• Requirement: Find the string "OnOk" in the entries and copy each line that has it.

• Exercise data:
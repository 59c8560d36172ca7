//! The parts of one polynomial in Y: a factor, a lead, an input.
ghost use Rattle.std.specs.Prelude.{◌≡◌, ℕ, ◌<◌, ◌≤◌, length, slice_index_or};
ghost use Rattle.ps_model.specs.declared.job.Root.{Root as RootOf};
ghost use Rattle.parts.specs.PartValue.{PartValue};
ghost use Rattle.parts.specs.RowsOfParts.{part_in, parts_in};
ghost use Rattle.printer.specs.Rows.{row_in, listed_part};
ghost use Rattle.printer.specs.View.{HasUpTo, part_at};

use crate::view::BlockView;
use parts::Part;
use std::sync::Arc;

/// The parts of the coefficients of a polynomial in Y.
pub(crate) trait Coefficients {
    // the part of the coefficient at a power of Y, of a degree
    ghost part_of: { Self → ℕ → ℕ → PartValue };

    // whether that part is there
    ghost Has: { Self → ℕ → ℕ → Type 0 };

    /// The part of degree r of the coefficient of `Y^power`.
    fn part(&self, power: u32, r: u32) -> &Part
        requires { Has self.now power r }
        ensures { result.now ≡ part_of self.now power r };
}

/// One factor of a view.
#[derive(Drop)]
pub(crate) struct FactorParts<'v, V: BlockView> {
    pub view: &'v V,
    pub factor: u32,
}

impl<'v, V: BlockView> Coefficients for FactorParts<'v, V> {
    ghost part_of = { λ f. part_at (V.value f.view.now) f.factor };

    ghost Has = { λ f power r. (f.factor < length (V.value f.view.now).roots)
        × ((root : RootOf) →
        power ≤ (slice_index_or (V.value f.view.now).roots f.factor root).times)
        × HasUpTo (V.value f.view.now) r };

    fn part(&self, power: u32, r: u32) -> &Part {
        self.view.part(self.factor, power, r)
    }
}

/// The lead of a view, which has no Y.
#[derive(Drop)]
pub(crate) struct LeadParts<'v, V: BlockView> {
    pub view: &'v V,
}

impl<'v, V: BlockView> Coefficients for LeadParts<'v, V> {
    ghost part_of = { λ l _ r. part_in (V.value l.view.now).lead r };

    ghost Has = { λ l _ r. HasUpTo (V.value l.view.now) r };

    fn part(&self, _power: u32, r: u32) -> &Part {
        self.view.lead_part(r)
    }
}

/// Rows that are in memory, one for each degree.
#[derive(Drop)]
pub(crate) struct ListedParts<'r> {
    pub rows: &'r [Vec<Arc<Part>>],
}

impl<'r> Coefficients for ListedParts<'r> {
    ghost part_of = { λ l. listed_part (parts_in l.rows.now) };

    ghost Has = { λ l power r. (r < length l.rows.now)
        × (power < length (row_in (parts_in l.rows.now) r)) };

    fn part(&self, power: u32, r: u32) -> &Part {
        &self.rows[r as usize][power as usize]
    }
}
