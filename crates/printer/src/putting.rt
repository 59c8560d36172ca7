//! Pieces of a text, through a buffer into a sink.
ghost use Rattle.std.specs.Prelude.{◌≡◌, ◌+◌, ◌≤◌, [], ◌++◌, length, decimal, OnOk};
ghost use Rattle.printer.specs.Buffered.{Buffered};
ghost use Rattle.printer.specs.Wrote.{Wrote};

use crate::buffer::TextBuffer;
use ports::{Sink, WriteFault, put_all};

/// How many bytes may be held where 400 more have to fit behind them.
const MOST_HELD: usize = 624;

/// Gives what is held to the sink. It is held no more, also where the sink fails.
pub(crate) fn flush<K: Sink>(sink: &mut K, buffer: &mut TextBuffer) -> Result<(), WriteFault>
    ensures wrote { Wrote result (K.written sink.old) (K.written sink.new) (K.faults sink.old)
        (K.faults sink.new) buffer.old }
    ensures empty { buffer.new ≡ [] }
{
    let result = put_all(sink, buffer.bytes());
    buffer.clear();
    result
}

/// Makes room for 400 bytes.
pub(crate) fn make_room<K: Sink>(sink: &mut K, buffer: &mut TextBuffer) -> Result<(), WriteFault>
    ensures sent { Buffered result (K.written sink.old) (K.written sink.new) buffer.old
        buffer.new (K.faults sink.old) (K.faults sink.new) [] }
    ensures room { OnOk result (length buffer.new ≤ 624) }
{
    if buffer.len() <= MOST_HELD {
        return Ok(());
    }
    flush(sink, buffer)
}

/// A piece, as it is.
pub(crate) fn put<K: Sink>(
    sink: &mut K,
    buffer: &mut TextBuffer,
    piece: &[u8],
) -> Result<(), WriteFault>
    requires { length piece.now ≤ 400 }
    ensures { Buffered result (K.written sink.old) (K.written sink.new) buffer.old
        buffer.new (K.faults sink.old) (K.faults sink.new) piece.now }
{
    make_room(sink, buffer)?;
    buffer.append(piece);
    Ok(())
}

/// A number, in decimal.
pub(crate) fn write_number<K: Sink>(
    sink: &mut K,
    buffer: &mut TextBuffer,
    number: u64,
) -> Result<(), WriteFault>
    ensures { Buffered result (K.written sink.old) (K.written sink.new) buffer.old
        buffer.new (K.faults sink.old) (K.faults sink.new) (decimal number) }
{
    make_room(sink, buffer)?;
    buffer.append_number(number);
    Ok(())
}

/// A piece, and a number behind it.
pub(crate) fn write_numbered<K: Sink>(
    sink: &mut K,
    buffer: &mut TextBuffer,
    piece: &[u8],
    number: u64,
) -> Result<(), WriteFault>
    requires { length piece.now ≤ 400 }
    ensures { Buffered result (K.written sink.old) (K.written sink.new) buffer.old
        buffer.new (K.faults sink.old) (K.faults sink.new) (piece.now ++ decimal number) }
{
    put(sink, buffer, piece)?;
    write_number(sink, buffer, number)
}
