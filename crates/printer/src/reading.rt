//! Blocks, read.
ghost use Rattle.std.specs.Prelude.{◌≡◌, ◌≤◌, ℕ, List, Option, length, map, is_some};
ghost use Rattle.std.specs.Prelude.{IfOk, IfErr, IfSome, MatchResult};
ghost use Rattle.ps_model.specs.Plain.{entry_of};
ghost use Rattle.parts.specs.Rings.{variables_of};
ghost use Rattle.printer.specs.ReadBlock.{variable_names};
ghost use Rattle.printer.specs.ReadTermLists.{IsTermList, HasTerms};
ghost use Rattle.printer.specs.ReadText.{Coefficients, IsBlock, IsRefused};
ghost use Rattle.printer.specs.declared.block_error.BlockError.TheVariants.{OutOfMemory as NoMemory};

use crate::block_error::BlockError;
use crate::read_polynomials::{polynomial, polynomials};
use crate::read_whole::read_block_lines;
use parts::Ring;
use ps_model::{NameView, OutOfMemory, PlainPoly, PlainTerm, Root};
use std::alloc::Global;

/// A block that was read.
#[derive(Drop)]
pub struct Block {
    /// The greatest degree of which it tells terms.
    pub precision: u32,
    /// The lead, where it is shown: a polynomial without Y.
    pub lead: Option<PlainPoly>,
    /// The factors, one for each root, in the roots' order.
    pub factors: Vec<PlainPoly>,
}

/// The lead with these terms, where it is shown.
fn shown_lead(
    alloc: Global,
    lead: bool,
    terms: &[PlainTerm],
) -> Result<Option<PlainPoly>, OutOfMemory>
    requires { IsTermList (map entry_of terms.now) }
    ensures shown { IfOk result (λ o. is_some o ≡ lead) }
    ensures terms { IfOk result (λ o. IfSome o (λ p. HasTerms p (map entry_of terms.now))) }
{
    if lead {
        Ok(Some(polynomial(alloc, terms)?))
    } else {
        Ok(None)
    }
}

/// Reads the text of a block of factors with these roots, in the ring's variables by their names:
/// the text that `write_block` writes. It has a line of the lead exactly where `lead` is true.
///
/// Numbers have no leading zeros, each coefficient is a residue other than 0, and terms stand in
/// the order in which they are written. The time grows with the text's length, and as that of a
/// sort with the number of terms of a factor; nothing is read twice.
pub fn read_block<N: NameView>(
    alloc: Global,
    names: &N,
    ring: Ring,
    lead: bool,
    roots: &[Root],
    text: &[u8],
) -> Result<Block, BlockError>
    requires named { variables_of ring ≤ length (N.names names.now) }
    requires short { length text.now ≤ 1048577 }
    ensures block { IfOk result (λ b. IsBlock ring (variable_names ring (N.names names.now))
        roots.now lead text.now b.precision b.lead b.factors.items) }
    ensures only { (D : ℕ) (l : Option Coefficients) (fs : List Coefficients)
        → IsBlock ring (variable_names ring (N.names names.now)) roots.now lead text.now D l fs
        → MatchResult result (λ b. (b.precision ≡ D) × (b.lead ≡ l) × (b.factors.items ≡ fs))
        (λ e. e ≡ NoMemory) }
    ensures refused { IfErr result
        (IsRefused ring (variable_names ring (N.names names.now)) roots.now lead text.now) }
{
    let lines = match read_block_lines(alloc, names, ring, roots, lead, text) {
        Ok(lines) => lines,
        Err(refusal) => return Err(refusal),
    };
    let shown = shown_lead(alloc, lead, &lines.lead)?;
    let factors = polynomials(alloc, &lines.factors)?;
    Ok(Block {
        precision: lines.precision,
        lead: shown,
        factors,
    })
}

• Result of the task:
ghost use Rattle.std.specs.Prelude.{◌≡◌, ◌+◌, ◌≤◌, [], ◌++◌, length, decimal, OnOk};
    ensures room { OnOk result (length buffer.new ≤ 624) }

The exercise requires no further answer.